Help me think about health insurance options
November 29, 2017 4:27 PM   Subscribe

I'm going to be needing some medical care in the coming months, but I don't yet know exactly what kind and how much it'll cost. I'm trying to figure out whether to keep my current insurance, which is paid for up front but only pays 75% of costs, or buy new insurance, and if the latter, what a good option would be. Because of the uncertainty about the types of services I'll be needing, I'm not sure how to go about making this decision. Help? Details inside.

Details about (a) medical situation and (b) insurance situation:

(a) I have a swollen lymph node in my neck which has been there for about 4 months now, cause unknown. I've had a CT scan and a biopsy; latter came back negative for cancer cells. Doc says the next step is to see an ENT doctor, and that most likely the lymph node will have to be removed since the swelling doesn't seem to be resolving by itself, and that it would have to be biopsied after removal in case cancer cells were missed the first time around. So at a minimum I'm looking at an ENT consultation with ultrasound (which would run to about $1500 out of pocket); plus whatever further steps are recommended, probably including removal of the lymph node.

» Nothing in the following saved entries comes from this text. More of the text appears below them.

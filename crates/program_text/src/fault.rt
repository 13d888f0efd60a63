//! Why a text is no program's.

ghost use Rattle.std.specs.Prelude.{◌≡◌};
ghost use Rattle.program_text.specs.Fault.{of_tokens, of_grammar};

use delta_lex::LexFault;
use delta_parse::ParseFault;
use program_refusal::{Refusal, RefusalName};
use thiserror::Error;

/// Why a text is no program's.
#[derive(Clone, Copy, Debug, PartialEq, Eq, Error)]
pub enum TextFault {
    /// Memory was refused.
    #[error("Memory")]
    Memory,
    /// The text is refused for what is wrong first. `IsRefusedFor` of `specs/ProgramText.antt` says
    /// when, and at which place.
    #[error("the text is refused")]
    Refused(Refusal),
}

// A refusal by this name at this place.
fn refused(name: RefusalName, at: u32) -> TextFault
    ensures { result ≡ TextFault.Refused (record { name = name; at = at }) }
{
    TextFault::Refused(Refusal { name, at })
}

impl From<LexFault> for TextFault {
    ghost from_gives = { λ fault found. found ≡ of_tokens fault };

    fn from(fault: LexFault) -> TextFault {
        match fault {
            LexFault::Memory => TextFault::Memory,
            LexFault::LongText => refused(RefusalName::LongText, 1_048_576),
            LexFault::BadUtf8(at) => refused(RefusalName::BadUtf8, at),
            LexFault::BadChar(at) => refused(RefusalName::BadChar, at),
            LexFault::BigNumber(at) => refused(RefusalName::BigNumber, at),
        }
    }
}

impl From<ParseFault> for TextFault {
    ghost from_gives = { λ fault found. found ≡ of_grammar fault };

    fn from(fault: ParseFault) -> TextFault {
        match fault {
            ParseFault::Memory => TextFault::Memory,
            ParseFault::Deep(at) => refused(RefusalName::Deep, at),
            ParseFault::Expected(at) => refused(RefusalName::Expected, at),
            ParseFault::Twice(at) => refused(RefusalName::Twice, at),
            ParseFault::Many(at) => refused(RefusalName::Many, at),
            ParseFault::NoMain(at) => refused(RefusalName::NoMain, at),
        }
    }
}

(b) Up to now these procedures happened under my old insurance plan, but that has now expired and I can't renew it (I'm no longer eligible for benefits through my employer because I now work part time). I do have this low-cost plan with a $500 deductible, but it only pays 75% of costs. That leaves me footing the bill for the remaining 25%, but since I don't know what procedures will be necessary, I don't know how to estimate what that would come to. It seems like it would probably be better to pay for a plan that covers 100%, but I would have a lot of trouble affording a low-deductible plan, and if most of the costs end up falling within the deductible then there's not much point doing that. In fact my finances are so tight right now that I'm not sure how I'm going to pay for any of this whatever I end up doing. (I'm in California but don't qualify for government assistance because I'm here on a work visa.)

Given the unknown total costs, how should I approach this decision? If I stay with my current plan, 25% of the total will come to $X where X is presumably at least a four-digit number, but without an estimate of the total I don't know whether I can get a lower X with a different plan and if so, what kind of deductible vs. premium calculation I should be making.

So my main question is how to think about that. But assuming I need a different plan, I could also use tips on specific choices. Finally, I've been looking into low-cost clinics here in the SF bay area which might be able to provide ENT or other relevant services, but haven't found anything promising so far, so ideas there would be great too.
posted by zeri to Health & Fitness (6 answers total) 2 users marked this as a favorite
 
Do the plans have an out-of-pocket maximum? What is it?

Note that if you stay in network you will pay coinsurance/deductible on the approved amount, which will be less than the list price. You could try to estimate costs by asking your insurance company, but nothing about that will be binding. At least it’d get you a ballpark estimate.

What is your open enrollment timeframe? How much time do you have left to make this decision?
posted by Huffy Puffy at 4:36 PM on November 29, 2017 [1 favorite]


My current plan (the one that pays 75%) has a $100,000 overall maximum.

I'm not sure about timeframe -- what would affect that? Can't you buy private insurance at any time? As I said I'm not eligible for any US government programs. My current plan is valid until next June. Obviously I want to start taking care of this as soon as I can given that I don't know how long of a process it'll be.
posted by zeri at 4:44 PM on November 29, 2017


I would contact an insurance broker who can guide you through the options. One very important consideration is whether a new individual policy would have exclusions for pre-existing conditions.

You may not be able to find a plan with 100% coverage that kicks in after a low deductible - it tends to be either one or the other - but there are plans with only 10% co-insurance instead of 25%. Another consideration is whether the plan includes a out-of-pocket maximum (it pays 100% above a certain amount.)

Once you know the options, I would do an two or three estimates - low, medium, high and compare the impact of each plan on each option. Remember this is all of your medical expenses for the year, not just this particular procedure. So the high estimate should include unexpected accident or injury and/or a major cancer diagnosis. It may not be likely but you want to think through how you will deal with it if it happens.
posted by metahawk at 6:30 PM on November 29, 2017 [2 favorites]


Make sure you understand that visitor medical plans are very stringent about what is considered a pre existing condition. ( for example any symptom in the last three years). If you have a high bill you can set up a payment plan four part of it, especially if your ncome is low. However If you do end up having an expensive to treat or prolonged illness your best bet would be to go back to your home country.
posted by SyraCarol at 6:43 PM on November 29, 2017 [2 favorites]


These visitor plans reject just about every claim and are sometimes borderline scammy. Your best bets are to either receive treatment in your home country or purchase the lowest priced ACA compliant plan you can find. MAybe start with blue california to see if there are any plans you can afford.
posted by WeekendJen at 9:55 AM on November 30, 2017


Were you offered coverage under COBRA when you became ineligible under your Employer's group plan?